EXERCISE DESCRIPTION
Your answer should consist only of the lines below from the one with "use memory::Memories;" through the one with "and the bill.", copied exactly.

RECORDS PROVIDED
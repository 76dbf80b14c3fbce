ghost use Rattle.std.specs.Prelude.{◌≡◌, ℕ, ◌+◌, ◌<◌, List, [], ◌∷◌, ◌++◌, vec_len};
ghost use Rattle.frame.specs.Book.{Book};
ghost use Rattle.frame.specs.View.{view};
ghost use Rattle.day.specs.Balance.{copies, open_serials, Balanced};
ghost use Rattle.day.specs.Pool.{serials};
ghost use Rattle.frame_demo.specs.Matched.{Matched};

use crate::plans::{BY_THE_BRANCH, STRAIGHT_ON, TRACKS, track, tracks};
use day::orders::{Answer, Order};
use day::running::{DayEnd, run_day};
use filed::filed::FiledPlan;
use frame::frame::Frame;
use frame::slip::Slip;
use plan::parts::Position;
use stations::ONE_SWITCH;
use std::alloc::{AllocError, Global};

// Days at two stations with one pool of slips. However far that comes before printing or memory fails, the slips of the pool
// are then those of the open routes, so each closes its route and none is left.
pub(crate) fn print_days(rt: &HostRuntime, pool: &mut Vec<Slip>) -> anyhow::Result<()>
    requires { vec_len pool.old ≡ 0 }
    ensures { vec_len pool.new ≡ 0 }
{
    let mut first = Frame::new();
    let mut second = Frame::new();
    let printed = print_both(rt, &mut first, &mut second, pool);
    settle(&mut first, &mut second, pool);
    printed
}

// A day at each station. The first leaves a route open, so its slip is a foreign one on the second; what the second leaves
// in the pool is released at the first. The frames and the pool are no struct that keeps `Matched`, which does not hold while
// a slip is out of the pool.
fn print_both(
    rt: &HostRuntime,
    first: &mut Frame,
    second: &mut Frame,
    pool: &mut Vec<Slip>,
) -> anyhow::Result<()>
    requires no_slip { vec_len pool.old ≡ 0 }
    requires first { (view first.old).opened ≡ [] }
    requires second { (view second.old).opened ≡ [] }
    ensures { Matched (serials pool.new.items) (view first.new) (view second.new) }
{
    let heap = rt.alloc();
    let orders = one_switch_orders(heap)?;
    print_day(rt, "one switch", &ONE_SWITCH, orders, first, pool)?;
    let file = tracks(heap)?;
    let orders = nine_track_orders(heap)?;
    print_day(rt, "nine tracks", file.as_slice(), orders, second, pool)?;
    let open = second.open_routes().len();
    println!(rt; "{open} routes open")?;
    print_release(rt, first, pool)
}

// Runs a day on a new box over the file's plan, and prints each order with its answer. The frame is then that of the box.
fn print_day(
    rt: &HostRuntime,
    station: &str,
    file: &[u8],
    orders: Vec<Order>,
    frame: &mut Frame,
    pool: &mut Vec<Slip>,
) -> anyhow::Result<()>
    requires { (view frame.old).opened ≡ [] }
    ensures { Balanced (serials pool.old.items) (serials pool.new.items) (view frame.new) }
{
    let heap = rt.alloc();
    println!(rt; "{station}")?;
    let words = all_words(heap, orders.as_slice())?;
    let DayEnd {
        frame: left,
        answers,
    } = run_day(heap, FiledPlan::take(file), orders, pool)?;
    *frame = left;
    print_answers(rt, words.as_slice(), answers.as_slice())
}

// The orders in words; they go into the day.
fn all_words(heap: Global, orders: &[Order]) -> Result<Vec<String>, AllocError> {
    orders
        .iter()
        .map(|order| order.to_string(heap))
        .collect::<Result<_, _>>(heap)?
}

fn print_answers(rt: &HostRuntime, words: &[String], answers: &[Answer]) -> anyhow::Result<()> {
    for (order, answer) in words.iter().zip(answers) {
        println!(rt; "  {order}: {answer}")?;
    }
    Ok(())
}

// Releases the last slip of the pool at the frame; where it is refused, it stays in the pool.
fn print_release(rt: &HostRuntime, frame: &mut Frame, pool: &mut Vec<Slip>) -> anyhow::Result<()>
    ensures { (b : Book) → Matched (serials pool.old.items) (view frame.old) b → Matched (serials pool.new.items) (view frame.new) b }
{
    let Some(slip) = pool.pop() else {
        return Ok(());
    };
    match frame.release(slip) {
        Ok(()) => println!(rt; "the last slip closed a route of the first station")?,
        Err((_, slip)) => {
            pool.push_reserved(slip);
            println!(rt; "the last slip was refused")?;
        }
    }
    Ok(())
}

// Releases every slip of the pool.
fn settle(first: &mut Frame, second: &mut Frame, pool: &mut Vec<Slip>)
    requires { Matched (serials pool.old.items) (view first.old) (view second.old) }
    ensures { vec_len pool.new ≡ 0 }
{
    while let Some(slip) = pool.pop() {
        close(first, second, slip);
    }
}

// Closes the route of the slip on the frame where it is open.
fn close(first: &mut Frame, second: &mut Frame, slip: Slip)
    requires { 0 < copies slip.serial (open_serials (view first.old)) + copies slip.serial (open_serials (view second.old)) }
    ensures { (p : List ℕ) → Matched (p ++ slip.serial ∷ []) (view first.old) (view second.old) → Matched p (view first.new) (view second.new) }
{
    match second.release(slip) {
        Ok(()) => {}
        Err((_, slip)) => match first.release(slip) {
            Ok(()) => {}
            Err((_, _slip)) => unreachable!(),
        },
    }
}

fn one_switch_orders(heap: Global) -> Result<Vec<Order>, AllocError> {
    let mut orders = vec![in heap;
        turn(heap, 7)?,
        turn(heap, 9)?,
        open(heap, &BY_THE_BRANCH)?,
        Order::Throw(3, Position::Reverse),
        open(heap, &BY_THE_BRANCH)?,
        open(heap, &STRAIGHT_ON)?,
        Order::Throw(3, Position::Normal),
        Order::Release(0),
        Order::Release(0),
    ]?;
    orders.extend(occupied_orders(heap)?)?;
    Ok(orders)
}

// What an occupied point section refuses, numbers that name no section or switch, and the end of the register.
fn occupied_orders(heap: Global) -> Result<Vec<Order>, AllocError> {
    Ok(vec![in heap;
        Order::Occupy(512),
        Order::Throw(3, Position::Normal),
        open(heap, &BY_THE_BRANCH)?,
        Order::Clear(512),
        Order::Occupy(513),
        Order::Clear(0),
        Order::Throw(2, Position::Normal),
        open(heap, &BY_THE_BRANCH)?,
        open(heap, &[3, 0, 0, 0, 13, 0, 8, 0])?,
        open(heap, &[3, 0, 0, 0, 13, 0, 4])?,
        turn(heap, 8)?,
        turn(heap, 8)?,
        Order::Restart,
        turn(heap, 8)?,
    ]?)
}

// A foreign slip closes the route of its serial, and the route's own slip is refused then; and a ninth route.
fn nine_track_orders(heap: Global) -> Result<Vec<Order>, AllocError> {
    let mut orders = vec![in heap;
        Order::Open(track(heap, 0)?),
        Order::Open(track(heap, 1)?),
        Order::Release(0),
        Order::Release(1),
        Order::Release(0),
    ]?;
    for k in 0..TRACKS {
        orders.push(Order::Open(track(heap, k)?))?;
    }
    for _ in 1..TRACKS {
        orders.push(Order::Release(1))?;
    }
    Ok(orders)
}

// A turn with a space of so many bytes.
fn turn(heap: Global, length: usize) -> Result<Order, AllocError> {
    Ok(Order::Turn(vec![in heap; 7; length]?))
}

fn open(heap: Global, row: &[u8]) -> Result<Order, AllocError> {
    Ok(Order::Open(row.to_vec(heap)?))
}
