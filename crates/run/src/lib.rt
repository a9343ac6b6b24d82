#![tactic(auto)]
// A run: every call of a list in order, its answers and the state after the last one written.
pub mod answers;

ghost use Rattle.std.specs.Prelude.{◌≡◌, ◌<◌, ℕ, get_or};
ghost use Rattle.run.specs.Names.{◌and◌, lent_of, bill_ok};
ghost use Rattle.run.specs.Planned.{plan_of, Runnable};
ghost use Rattle.run.specs.Run.{ran, ran_from, run_with};
ghost use Rattle.run.specs.MayRun.{may_run};

use bank::slots::Slots;
use bill::Bill;
use calls::Call;
use memory::Memories;
use plan::{Plan, Tried};
use prices::Prices;
use registers::Stall;
use session::Bench;
use unit::Device;

// The bytes of an answer.
pub const ANSWER: usize = 16;

// What a run starts from: a bench, and lock base and victim as they were handed in.
#[derive(Clone, Copy)]
pub struct Start {
    pub bench: Bench,
    pub handed: u32,
}

// The prices of a run, with the numbers of their kinds.
#[derive(Clone, Copy)]
pub struct Priced {
    pub prices: Prices,
    pub onkind: u32,
    pub extkind: u32,
}

// What a call is to do, by what was tested once, the control register, the pending fault and the bill.
fn plan_of(call: Option<Call>, tried: Tried, control: u16, p: Option<Stall>) -> Plan
    ensures { result ≡ plan_of tried.device tried.memories (tried.prices and bill_ok tried.bill) control p call }
{
    match call {
        Some(Call::Write(offset, v)) => plan::write(tried, control, p, offset, v),
        Some(Call::Read(offset)) => plan::read(tried.device, offset),
        Some(Call::Request(va, a)) => plan::request(tried, p, va, a),
        Some(Call::Drop) => plan::drop(tried.device, p),
        Some(Call::Shift(va)) => plan::shift(tried.device, tried.memories, va),
        None => Plan::Done,
    }
}

// Nothing; a clause learns from it that a memory's elements are bytes.
fn told_bytes(memory: &[u8])
    ensures { (i : ℕ) → get_or memory.now i 0 < 256 }
{
    let _ = memory;
}

// Every call in order, its answers and the state after the last one written. The device lies in parts, the slots in place; whether it
// is in range, and memories and prices in order, is tested once.
fn run_all(
    start: Bench,
    handed: u32,
    calls: &[u8],
    memories: &Memories,
    prices: Prices,
    out: &mut [u8],
) -> u64
    requires { Runnable calls.now out.old }
    ensures { ran result out.new ≡ ran_from (lent_of memories.now) prices handed start calls.now out.old }
{
    let n = calls::count(calls);
    // The run's own: what is written to `out` would else have the memories' bounds read again at each call.
    let memories = *memories;
    let lent = memories.ok();
    told_bytes(memories.on);
    told_bytes(memories.ext);
    let money = prices::prices_ok(prices);
    let d = start.device;
    let ok = d.in_range();
    let mut slots = Slots::of(d.bank);
    let mut registers = d.registers;
    let mut pending = d.pending;
    let mut bill = start.bill;
    let mut meters = start.meters;
    for i in 0..n {
        let call = calls::decode_known(calls, calls::SIZE * i);
        let tried = Tried {
            device: ok,
            memories: lent,
            prices: money,
            bill,
        };
        let plan = plan_of(call, tried, registers.control, pending);
        let x = perform::perform(
            plan, &mut slots, registers, pending, bill, &memories, prices,
        );
        registers = x.registers;
        pending = x.pending;
        bill = x.bill;
        meters = meters.posted(x.tally);
        answers::put_said(out, ANSWER * i, x.said, x.from);
    }
    let last = Bench {
        device: Device {
            registers,
            bank: slots.bank,
            pending,
        },
        bill,
        meters,
    };
    state::put_state(out, ANSWER * n, last, handed);
    (ANSWER * n + state::SIZE) as u64
}

// A run from a start, with prices of two kinds; nothing where it is not answered.
pub fn run_from(
    start: Start,
    calls: &[u8],
    memories: &Memories,
    priced: Priced,
    out: &mut [u8],
) -> u64
    ensures { ran result out.new
        ≡ run_with (lent_of memories.now) priced.prices priced.onkind priced.extkind start.handed start.bench calls.now out.old }
{
    if !may_run(calls, priced, out.len()) {
        return 0;
    }
    run_all(
        start.bench,
        start.handed,
        calls,
        memories,
        priced.prices,
        out,
    )
}

// Prices of a kind, calls as they must be, and room for what is written.
pub(crate) fn may_run(calls: &[u8], priced: Priced, room: usize) -> bool
    ensures { result ≡ may_run calls.now priced.onkind priced.extkind room }
{
    priced.onkind <= 1
        && priced.extkind <= 1
        && calls::all_good(calls)
        && room >= state::SIZE
        && calls::count(calls) <= (room - state::SIZE) / ANSWER
}
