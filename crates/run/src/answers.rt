// What a call said as 16 bytes: a number, where the last word of its walk lies, and a value.
ghost use Rattle.std.specs.Prelude.{◌≡◌};
ghost use Rattle.run.specs.Names.{fault_number, words_put};
ghost use Rattle.run.specs.Answers.{answer_code, answer_word, shift_code, shift_word, place_code, cut_place, said_words};

use decision::{Said, ShiftError};
use memory::Place;
use registers::{Answer, Fault};

// The numbers of a physical address, a register's value and a distance.
const ADDRESS: u32 = 100;

const VALUE: u32 = 101;

const DISTANCE: u32 = 102;

// A place's offset is below this, and its memory's number stands above it.
const OFFSETS: usize = 268435456;

// The number of a fault.
fn fault_number(k: Fault) -> u32
    ensures { result ≡ fault_number k }
{
    match k {
        Fault::Translation => 21,
        Fault::Miss => 22,
        Fault::Permission => 23,
        Fault::Prefetch => 24,
    }
}

// The number of an answer, and the value beside it.
fn answered(r: Answer) -> (u32, u64)
    ensures { (result.0 ≡ answer_code r) × (result.1 ≡ answer_word r) }
{
    match r {
        Answer::Address(x) => (ADDRESS, x.0 as u64),
        Answer::Fault(k) => (fault_number(k), 0),
        Answer::Value(x) => (VALUE, x as u64),
        Answer::Done => (0, 0),
        Answer::Refused(k) => (k as u32, 0),
    }
}

// The number of a shift report, and the value beside it.
fn reported(s: Result<i64, ShiftError>) -> (u32, u64)
    ensures { (result.0 ≡ shift_code s) × (result.1 ≡ shift_word s) }
{
    match s {
        Ok(d) => (DISTANCE, wire::twos(d)),
        Err(ShiftError::Fault) => (fault_number(Fault::Translation), 0),
        Err(ShiftError::Refused(k)) => (k as u32, 0),
    }
}

// A place in one word: the number of its memory and the offset there.
pub fn place_code(p: Place) -> u32
    ensures { result ≡ place_code (cut_place p) }
{
    match p {
        Place::OnChip(k) => (OFFSETS + k % OFFSETS) as u32,
        Place::External(k) => (2 * OFFSETS + k % OFFSETS) as u32,
        Place::Nowhere => 0,
    }
}

// What a call said and where the last word of its walk lies, as four words: a number, a place and a value.
fn said_words(said: Said, from: Place) -> [u32; 4]
    ensures { result ≡ said_words said (cut_place from) }
{
    let (number, value) = match said {
        Said::Answered(r) => answered(r),
        Said::Reported(s) => reported(s),
    };
    [
        number,
        place_code(from),
        (value % 4294967296) as u32,
        (value / 4294967296) as u32,
    ]
}

// What a call said and where the last word of its walk lies, at an offset, where there is room.
pub fn put_said(out: &mut [u8], at: usize, said: Said, from: Place)
    ensures { out.new ≡ words_put out.old at (said_words said (cut_place from)) }
{
    wire::put(out, at, &said_words(said, from));
}
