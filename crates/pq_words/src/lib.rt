//! Words and limits that the definitions of several crates share.
#![tactic(auto)]

pub use limits::{
    LEAST_RATE, LEAST_SAMPLES_IN_CYCLE, MOST_MICROVOLTS, MOST_NANOSECONDS, MOST_NUMBER, MOST_RATE,
    MOST_SAMPLES, MOST_SELECTED,
};

mod limits;
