// What a recording may be at most. All of it is this project's choice (profile).

/// The most samples of a channel.
pub const MOST_SAMPLES: u64 = 50_000_000;

/// The greatest magnitude of a sample, in microvolts.
pub const MOST_MICROVOLTS: u64 = 10_000_000_000_000;

/// The fewest samples in a cycle of the line frequency.
pub const LEAST_SAMPLES_IN_CYCLE: u64 = 16;

/// The least sampling rate, in microhertz: the fewest samples in a cycle of 50 Hz.
pub const LEAST_RATE: u64 = 800_000_000;

/// The greatest sampling rate, in microhertz.
pub const MOST_RATE: u64 = 200_000_000_000;

/// The greatest distance of the first sample from 1970, in nanoseconds.
pub const MOST_NANOSECONDS: u64 = 8_000_000_000_000_000_000;

/// The greatest number of a channel.
pub const MOST_NUMBER: u32 = 999;

/// The most channels of a recording.
pub const MOST_SELECTED: u64 = 16;
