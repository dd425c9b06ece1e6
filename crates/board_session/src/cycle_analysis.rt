//! Analyses of the present position where kos can arise.

ghost use Rattle.std.specs.Prelude.{◌≤◌, ◌+◌, List, IfOk};
ghost use Rattle.go_grid.specs.Region.{Region};
ghost use Rattle.region_cut.specs.Cut.{AreRegionsOfPlay};
ghost use Rattle.endgame_solver.specs.Faults.{most_steps};
ghost use Rattle.board_session.specs.declared.topic.CycleTopic.{CycleTopic};
ghost use Rattle.board_session.specs.inner.Analysing.{RepliesInWithCycles, RepliesOnWithCycles};

use crate::analysis::show;
use crate::cycle_advice::words_of;
use crate::topic::CycleTopic;
use board_orders::refuse_unsolved;
use cycle_report::{cycle_margin_text, cycle_moves_text};
use cycle_solver::{CycleGame, MOST_CAPTURES};
use endgame_solver::Limits;
use fault_words::Naming;
use item_list::ItemList;
use local_play::Steps;
use sgf_go::Setup;
use std::alloc::{AllocError, Global};
use std::sync::ledger::Ledger;

/// The reply with the thresholds.
fn reply_margin(
    alloc: Global,
    id: &[u8],
    game: &mut CycleGame,
    komi_halves: i64,
) -> Result<ItemList<u8>, AllocError>
    ensures { IfOk result (RepliesOnWithCycles CycleTopic.Margin game.old.state komi_halves
        id.now) }
{
    let text = cycle_margin_text(alloc, game, komi_halves)?;
    show(alloc, id, text.as_slice())
}

/// The reply with the moves and what each is worth.
fn reply_moves(
    alloc: Global,
    id: &[u8],
    game: &mut CycleGame,
    komi_halves: i64,
) -> Result<ItemList<u8>, AllocError>
    ensures { IfOk result (RepliesOnWithCycles CycleTopic.Moves game.old.state komi_halves
        id.now) }
{
    let text = cycle_moves_text(alloc, Naming::Gtp, game, komi_halves)?;
    show(alloc, id, text.as_slice())
}

/// The reply on a topic of a game with cycles that opens with this komi in half-points.
fn reply_on(
    alloc: Global,
    id: &[u8],
    topic: CycleTopic,
    game: &mut CycleGame,
    komi_halves: i64,
) -> Result<ItemList<u8>, AllocError>
    ensures { IfOk result (RepliesOnWithCycles topic game.old.state komi_halves id.now) }
{
    match topic {
        CycleTopic::Margin => reply_margin(alloc, id, game, komi_halves),
        CycleTopic::Moves => reply_moves(alloc, id, game, komi_halves),
    }
}

/// The reply on a topic of a position.
pub(crate) fn reply_with_cycles<L: Ledger>(
    alloc: Global,
    id: &[u8],
    topic: CycleTopic,
    setup: &Setup,
    limits: &Limits,
    steps: &mut Steps<L>,
) -> Result<ItemList<u8>, AllocError>
    ensures replied { IfOk result (RepliesInWithCycles limits.now topic setup.now id.now) }
    ensures steps { (regions : List Region) → AreRegionsOfPlay setup.now.board regions
        → steps.new ≤ steps.old + most_steps limits.now regions }
{
    let size = setup.board().size();
    match CycleGame::begin(alloc, setup, false, limits, MOST_CAPTURES, steps) {
        Ok(mut game) => {
            let reply = reply_on(alloc, id, topic, &mut game, setup.komi_halves());
            drop(game);
            reply
        }
        Err(fault) => {
            let words = words_of(alloc, size, limits, fault)?;
            refuse_unsolved(alloc, id, &words)
        }
    }
}
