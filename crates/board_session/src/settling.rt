//! What a kept board comes to where it is to be solved.

ghost use Rattle.std.specs.Prelude.{◌<◌, ◌^◌, IfOk};
ghost use Rattle.board_orders.specs.Kept.{IsModest};
ghost use Rattle.board_session.specs.inner.Settling.{SettlesAs};

use crate::advice::unsettled_words;
use go_grid::{Board, Colour};
use go_play::Setup;
use std::alloc::{AllocError, Global};

/// What a board comes to: a position, or the words on a board that isn't settled.
#[derive(Drop)]
pub(crate) enum Settling {
    Position(Setup),
    Unsettled(String),
}

/// What the board comes to with these prisoners, this komi and this side to move.
pub(crate) fn settle(
    alloc: Global,
    board: &Board,
    black_prisoners: u64,
    white_prisoners: u64,
    komi_halves: i64,
    side: Colour,
) -> Result<Settling, AllocError>
    requires black { black_prisoners < 2 ^ 40 }
    requires white { white_prisoners < 2 ^ 40 }
    requires komi { IsModest komi_halves }
    ensures { IfOk result (SettlesAs (record {
      board = board.now;
      black_prisoners = black_prisoners;
      white_prisoners = white_prisoners;
      komi_halves = komi_halves;
      side = side;
    })) }
{
    match Setup::new(
        board.copy()?,
        black_prisoners,
        white_prisoners,
        komi_halves,
        side,
    ) {
        Ok(setup) => Ok(Settling::Position(setup)),
        Err(error) => {
            let words = unsettled_words(alloc, board, error.of_board()?)?;
            Ok(Settling::Unsettled(words))
        }
    }
}
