//! What analyses tell of games in which kos can arise.

ghost use Rattle.std.specs.Prelude.{◌≡◌};
ghost use Rattle.board_session.specs.Analysing.{cycle_topic};

use board_orders::Topic;

/// What a game in which kos can arise tells.
#[derive(Clone, Copy)]
pub(crate) enum CycleTopic {
    Margin,
    Moves,
}

/// The topic that a game with cycles tells, where they are admitted.
pub(crate) fn cycle_topic(cycles: bool, topic: Topic) -> Option<CycleTopic>
    ensures { result ≡ cycle_topic cycles topic }
{
    if !cycles {
        return None;
    }
    match topic {
        Topic::Margin => Some(CycleTopic::Margin),
        Topic::Moves => Some(CycleTopic::Moves),
        Topic::Best | Topic::Line | Topic::Score => None,
    }
}
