//! The limits of a board session.

use endgame_solver::Limits;

/// What bounds the games that are opened, and how files are read. There is no tax.
#[derive(Clone, Copy)]
pub struct BoardLimits {
    /// The limits of a game.
    pub game: Limits,
    /// Whether the points that a file marks are declared.
    pub territory: bool,
    /// Whether regions may have cycles.
    pub cycles: bool,
}
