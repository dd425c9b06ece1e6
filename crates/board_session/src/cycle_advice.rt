//! What a colour is told that asks for a move, where kos can arise.

ghost use Rattle.std.specs.Prelude.{◌≡◌, ◌≤◌, ◌<◌, ◌+◌, ◌*◌, List, IfOk, string_bytes};
ghost use Rattle.go_grid.specs.Region.{Region};
ghost use Rattle.gtp_words.specs.Vertices.{vertex_text};
ghost use Rattle.region_cut.specs.Cut.{AreRegionsOfPlay};
ghost use Rattle.endgame_solver.specs.Faults.{most_steps};
ghost use Rattle.engine_player.specs.Played.{KeepsNothing};
ghost use Rattle.board_session.specs.Cycles.{AdvisesWithCycles, AreCycleFaultWords, captures_words};
ghost use Rattle.board_session.specs.Generating.{PayFor, after_passes};
ghost use Rattle.board_session.specs.inner.Cycles.{IsToldWithCycles, NamesPoint};
ghost use Rattle.board_session.specs.inner.Generating.{advice_of};

use crate::advice::{Advice, pay};
use board_orders::Tally;
use cycle_solver::{CycleError, MOST_CAPTURES};
use endgame_solver::Limits;
use engine_player::CyclePlayer;
use fault_words::{Naming, form_words, points_words, positions_words};
use go_grid::{Colour, Point, Size};
use gtp_words::point_text;
use local_play::Steps;
use sgf_go::Setup;
use std::alloc::{AllocError, Global};
use std::sync::ledger::Ledger;

/// The words on a region that isn't steady.
#[tactic(auto, unfolding(crate::specs::Cycles::captures_words))]
fn captures_words(alloc: Global, size: Size, lowest: Point) -> Result<String, AllocError>
    requires { lowest < size.columns * size.rows }
    ensures { IfOk result (λ text. string_bytes text
        ≡ captures_words (vertex_text size.columns size.rows) lowest) }
{
    let name = point_text(alloc, size, lowest)?;
    format!(in alloc; "captures {name}")
}

/// The words on a fault of a position whose board has the size, or the want of memory that it is.
pub(crate) fn words_of(
    alloc: Global,
    size: Size,
    limits: &Limits,
    fault: CycleError,
) -> Result<String, AllocError>
    requires { NamesPoint (size.columns * size.rows) fault }
    ensures { IfOk result (λ text. AreCycleFaultWords (vertex_text size.columns size.rows)
        limits.now fault (string_bytes text)) }
{
    match fault {
        CycleError::Points(lowest, points) => {
            points_words(alloc, Naming::Gtp, size, lowest, points)
        }
        CycleError::Positions(lowest) => {
            positions_words(alloc, Naming::Gtp, size, lowest, limits.positions())
        }
        CycleError::Form(lowest) => form_words(alloc, Naming::Gtp, size, lowest),
        CycleError::Captures(lowest) => captures_words(alloc, size, lowest),
        CycleError::Memory(cause) => Err(cause),
    }
}

/// Takes a point out of a purse for each pass of its colour.
fn take_passes(game: &mut CyclePlayer, passes: Tally)
    requires pay { PayFor passes game.old.state.purses }
    requires nothing { KeepsNothing game.old.keeping }
    ensures { game.new ≡ record game.old { state = after_passes passes game.old.state } }
{
    game.take_out(Colour::Black, passes.of(Colour::Black));
    game.take_out(Colour::White, passes.of(Colour::White));
}

/// What the side to move is told in a game that begins so.
fn tell(alloc: Global, game: &mut CyclePlayer, passes: Tally) -> Result<Advice, AllocError>
    requires nothing { KeepsNothing game.old.keeping }
    ensures { IfOk result (λ advice. IsToldWithCycles passes game.old (advice_of advice)) }
{
    if !pay(game.whole(), passes) {
        return Ok(Advice::Unopened(String::from_str(alloc, "purse")?));
    }
    take_passes(game, passes);
    match game.choose() {
        Some(chosen) => Ok(Advice::Chosen(chosen)),
        None => Ok(Advice::Resigned),
    }
}

/// What the colour to move is told in a position.
pub(crate) fn open_with_cycles<L: Ledger>(
    alloc: Global,
    setup: &Setup,
    passes: Tally,
    limits: &Limits,
    steps: &mut Steps<L>,
) -> Result<Advice, AllocError>
    ensures advised { IfOk result (λ advice. AdvisesWithCycles limits.now setup.now passes
        (advice_of advice)) }
    ensures steps { (regions : List Region) → AreRegionsOfPlay setup.now.board regions
        → steps.new ≤ steps.old + most_steps limits.now regions }
{
    let size = setup.board().size();
    match CyclePlayer::begin(alloc, setup, false, limits, MOST_CAPTURES, steps) {
        Ok(mut game) => {
            let advice = tell(alloc, &mut game, passes);
            drop(game);
            advice
        }
        Err(fault) => {
            let words = words_of(alloc, size, limits, fault)?;
            Ok(Advice::Unopened(words))
        }
    }
}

WORKED SOLUTION
use memory::Memories;
use plan::{Plan, Tried};
use prices::Prices;
use registers::Stall;
use session::Bench;
use unit::Device;

// The bytes of an answer.
pub const ANSWER: usize = 16;

// What a run starts from: a bench, and lock base and victim as they were handed in.
#[derive(Clone, Copy)]
pub struct Start {
    pub bench: Bench,
    pub handed: u32,
}

// The prices of a run, with the numbers of their kinds.
#[derive(Clone, Copy)]
pub struct Priced {
    pub prices: Prices,
    pub onkind: u32,
    pub extkind: u32,
}

// What a call is to do, by what was tested once, the control register, the pending fault and the bill.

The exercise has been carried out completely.